# Mp2801 - Opinions?



## - Baz - (Jul 13, 2008)

In typical WIS fashion, I've decided that I need to add an O&W to my ever-growing collection. I know you guys will try and talk me out of it, but it's no use...

Since I don't have a manual wind either, I've been lusting after the MP 2801. Seems a beauty for the money. Unfortunately, Roy has sold out. Gnomonwatches has the word 'Discontinued' on their website which doesn't bode well either...

In any event, I'll have to wait until the new year for some 'spare' dosh, but in the meantime, I'd appreciate comments/feedback from anyone who has one and loves it or loathes it. Is it as classy in the metal as it looks?

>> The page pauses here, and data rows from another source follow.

//! The session of a terminal, step by step (ISO/IEC 7816-3, clause 11). The caller keeps the state, and passes it and the
//! buffers to each call. It says what happened on the line, one event a call, and each call returns the one thing to do
//! next.

ghost use Rattle.t1_core.specs.Terminal.{transmit, ask_ifs};
ghost use Rattle.c_lent.specs.Lent.{lent};
ghost use Rattle.c_lent.specs.Session.{SessionBegun, SessionCalled, SessionStepped, SessionResynched};

use c_lent::session::CSession;
use c_lent::session_next::CSessionNext;
use c_lent::verdict::Verdict;
use session_core::Setup;

/// Begins a session with a card that was just reset, and sets both buffers to 0. A command has at most as many octets as
/// its buffer, and at most 65,544. An answer has at most as many as its buffer, and at most 65,538.
///
/// Returns `ARGUMENT` if the setup is invalid. Then nothing changes.
#[unsafe(no_mangle)]
pub extern "C" fn scard_lent_session_begin(
    session: &mut CSession,
    command: &mut [u8],
    answer: &mut [u8],
    setup: &Setup,
) -> Verdict
    ensures { SessionBegun setup.now (lent session.old command.old answer.old)
        (lent session.new command.new answer.new) result }
{
    c_lent::session::session_begin(session, command, answer, setup)
}

/// Begins an exchange: sends a command. The command must fit its buffer.
#[unsafe(no_mangle)]
pub extern "C" fn scard_lent_session_exchange(
    session: &mut CSession,
    command: &mut [u8],
    answer: &mut [u8],
    octets: &[u8],
    now: u64,
    out: &mut [u8],
) -> CSessionNext
    ensures { SessionCalled (transmit octets.now) now (lent session.old command.old answer.old)
        (lent session.new command.new answer.new) out.old out.new result }
{
    c_lent::session::session_exchange(session, command, answer, octets, now, out)
}

/// Begins to request that the card send information fields of up to `size` octets, 1 to 254.
#[unsafe(no_mangle)]
pub extern "C" fn scard_lent_session_ask_ifs(
    session: &mut CSession,
    command: &mut [u8],
    answer: &mut [u8],
    size: u8,
    now: u64,
    out: &mut [u8],
) -> CSessionNext
    ensures { SessionCalled (ask_ifs size) now (lent session.old command.old answer.old)
        (lent session.new command.new answer.new) out.old out.new result }
{
    c_lent::session::session_ask_ifs(session, command, answer, size, now, out)
}

/// Begins a session with a card that can't be reset: drops octets until the line is silent for BWT, and then asks the card
/// for RESYNCH, at most three times.
#[unsafe(no_mangle)]
pub extern "C" fn scard_lent_session_resync(
    session: &mut CSession,
    command: &mut [u8],
    answer: &mut [u8],
    setup: &Setup,
    now: u64,
    out: &mut [u8],
) -> CSessionNext
    ensures { SessionResynched setup.now now (lent session.old command.old answer.old)
        (lent session.new command.new answer.new) out.old out.new result }
{
    c_lent::session::session_resync(session, command, answer, setup, now, out)
}

/// Reports what happened on the line: 0 the block was sent, 1 these octets came (with none: the wait was interrupted), 2
/// these octets came, at least one of them damaged, 3 nothing came within the silence that was asked for, 4 the line
/// failed.
#[unsafe(no_mangle)]
pub extern "C" fn scard_lent_session_step(
    session: &mut CSession,
    command: &mut [u8],
    answer: &mut [u8],
    event: u8,
    octets: &[u8],
    now: u64,
    out: &mut [u8],
) -> CSessionNext
    ensures { SessionStepped event octets.now now (lent session.old command.old answer.old)
        (lent session.new command.new answer.new) out.old out.new result }
{
    c_lent::session::session_step(session, command, answer, event, octets, now, out)
}
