//! The sizes of the structs that C and the library share.

ghost use Rattle.std.specs.Prelude.{◌≡◌};
ghost use Rattle.c_lent.specs.Layout.{size_of_struct};

/// Returns the size of a struct of the library in octets, by the struct's number in the header. 0 for any other number.
#[unsafe(no_mangle)]
pub extern "C" fn scard_struct_size(number: u8) -> usize
    ensures { result ≡ size_of_struct number }
{
    c_lent::layout::struct_size(number)
}
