//! A receiver of a chain without an allocator (ISO/IEC 7816-3, clause 11.6). The caller keeps the state, and passes it
//! and the message's buffer to each call.

ghost use Rattle.std.specs.Prelude.{◌≡◌, ◌≢◌, ◌≤◌, ◌<◌, ℕ, List, length, IfSome, IfNone};
ghost use Rattle.chain_core.specs.Chain.{longest_message};
ghost use Rattle.chain_core.specs.Taking.{Taking, nothing_taken};
ghost use Rattle.c_lent.specs.Verdict.{ok_at, wrong_argument};
ghost use Rattle.c_lent.specs.Number.{number_of};
ghost use Rattle.octet_core.specs.Sizes.{IsReserved};
ghost use Rattle.c_lent.specs.Lent.{IsAtFront};
ghost use Rattle.c_lent.specs.KeptReceiver.{IsReceiver};
ghost use Rattle.c_lent.specs.Turns.{joined_of};
ghost use Rattle.c_lent.specs.LentReceiver.{ReceiverFed, ReceiverRestarted, ReceiverEnded};

use c_lent::kept_receiver::CReceiver;
use c_lent::verdict::Verdict;

/// Begins a receiver of one chain with an information size of 1 to 254. The first block has the number `ns`. The
/// message has at most `max` octets, and `max` is at most 131,072. The state may have any value before. The buffer of
/// each later call must have room for `max` octets. Returns `ARGUMENT` for any other argument. Then nothing changes.
#[unsafe(no_mangle)]
pub extern "C" fn scard_lent_receiver_begin(
    state: &mut CReceiver,
    ifs: u8,
    ns: u8,
    max: usize,
) -> Verdict
    ensures ok { (IsReserved ifs → ⊥)
        → IfSome (number_of ns) (λ number. max ≤ longest_message → (result ≡ ok_at 0) ×
        ((message : List ℕ) → max ≤ length message → IsReceiver state.new message (nothing_taken ifs number max))) }
    ensures size { IsReserved ifs → result ≡ wrong_argument 0 }
    ensures number { IfNone (number_of ns) (result ≡ wrong_argument 0) }
    ensures long { longest_message < max → result ≡ wrong_argument 0 }
    ensures stays { result.status ≢ 0 → state.new ≡ state.old }
{
    c_lent::lent_receiver::lent_receiver_begin(state, ifs, ns, max)
}

/// Feeds the next octets to a receiver, which copies those of the message to the front of the buffer.
///
/// `OK`: the chain is complete. It took `place` octets of this piece, and not those after them. `MORE`: the receiver
/// took them all. `AT`: the octet at `place`, counted from the first that was ever fed, is refused. Later calls refuse
/// it again. `ARGUMENT`: the state and the buffer aren't a receiver, and nothing changes.
#[unsafe(no_mangle)]
pub extern "C" fn scard_lent_receiver_feed(
    state: &mut CReceiver,
    message: &mut [u8],
    piece: &[u8],
) -> Verdict
    ensures { ReceiverFed state.old message.old piece.now state.new message.new result }
{
    c_lent::lent_receiver::lent_receiver_feed(state, message, piece)
}

/// Restarts a receiver. The first block has this number; the information size and the limit stay. Each octet of the
/// buffer is set to 0. Returns `ARGUMENT` if `ns` isn't 0 or 1, or if the state and the buffer aren't a receiver. Then
/// nothing changes.
#[unsafe(no_mangle)]
pub extern "C" fn scard_lent_receiver_restart(
    state: &mut CReceiver,
    message: &mut [u8],
    ns: u8,
) -> Verdict
    ensures { ReceiverRestarted state.old message.old (number_of ns) state.new message.new result }
{
    c_lent::lent_receiver::lent_receiver_restart(state, message, ns)
}

/// Ends a receiver, and returns the verdict on all octets that it was fed: `OK` with place 0 if they are a chain,
/// `SHORT` at their end if a chain could continue, or the refusal. `ARGUMENT`: the state and the buffer aren't a
/// receiver.
#[unsafe(no_mangle)]
pub extern "C" fn scard_lent_receiver_finish(state: &CReceiver, message: &[u8]) -> Verdict
    ensures { ReceiverEnded state.now message.now result }
{
    c_lent::lent_receiver::lent_receiver_finish(state, message)
}

/// Returns how many octets at the front of the buffer are the message, once the chain is complete. Returns `ARGUMENT`
/// if it isn't.
#[unsafe(no_mangle)]
pub extern "C" fn scard_lent_receiver_message(state: &CReceiver, message: &[u8]) -> Verdict
    ensures message { (r : Taking) → IsReceiver state.now message.now r
        → IsAtFront (joined_of r) message.now result }
    ensures none { ((r : Taking) → IsReceiver state.now message.now r → ⊥)
        → result ≡ wrong_argument 0 }
{
    c_lent::lent_receiver::lent_receiver_message(state, message)
}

Also, forgive the naive question, but should a manual be fully wound every day?

Thanks.


----------



## Guest (Dec 20, 2008)

- Baz - said:


> In typical WIS fashion, I've decided that I need to add an O&W to my ever-growing collection. I know you guys will try and talk me out of it, but it's no use...
> 
> Since I don't have a manual wind either, I've been lusting after the MP 2801. Seems a beauty for the money. Unfortunately, Roy has sold out. Gnomonwatches has the word 'Discontinued' on their website which doesn't bode well either...
> 
> ...


Havent got one ,when they come up in the sales they go very quickly mate and they look the bollocks and i woulnt turn one down in a trade


----------



## mach 0.0013137 (Jan 10, 2005)

I`d be very supprised if many people (anyone) tries to talk you out of buying an O&W, they are great watches at a very reasonable price. The MP2801 is an excellent choice and IMO would still be if it sold for 3 times the money they go for :thumbsup:

Regarding winding, it is usually recommended to wind mechanical watches once a day at about the same time to keep up it`s power reserve topped up although it can take up to 48 hours for one to completely run down:wink2:

BTW here`s my MP 

*O&W MP2801, ETA 2801-2 17 Jewels.*


----------



## - Baz - (Jul 13, 2008)

Thanks for the quick replies, chaps. But should it be fully wound, Mach, or just partially? (Nice pic, BTW) Just thinking it might not do the mainspring any good to be at max tension all the time? Could be just me being a wuss, though...


----------



## mach 0.0013137 (Jan 10, 2005)

- Baz - said:


> Thanks for the quick replies, chaps. But should it be fully wound, Mach, or just partially? (Nice pic, BTW) Just thinking it might not do the mainspring any good to be at max tension all the time? Could be just me being a wuss, though...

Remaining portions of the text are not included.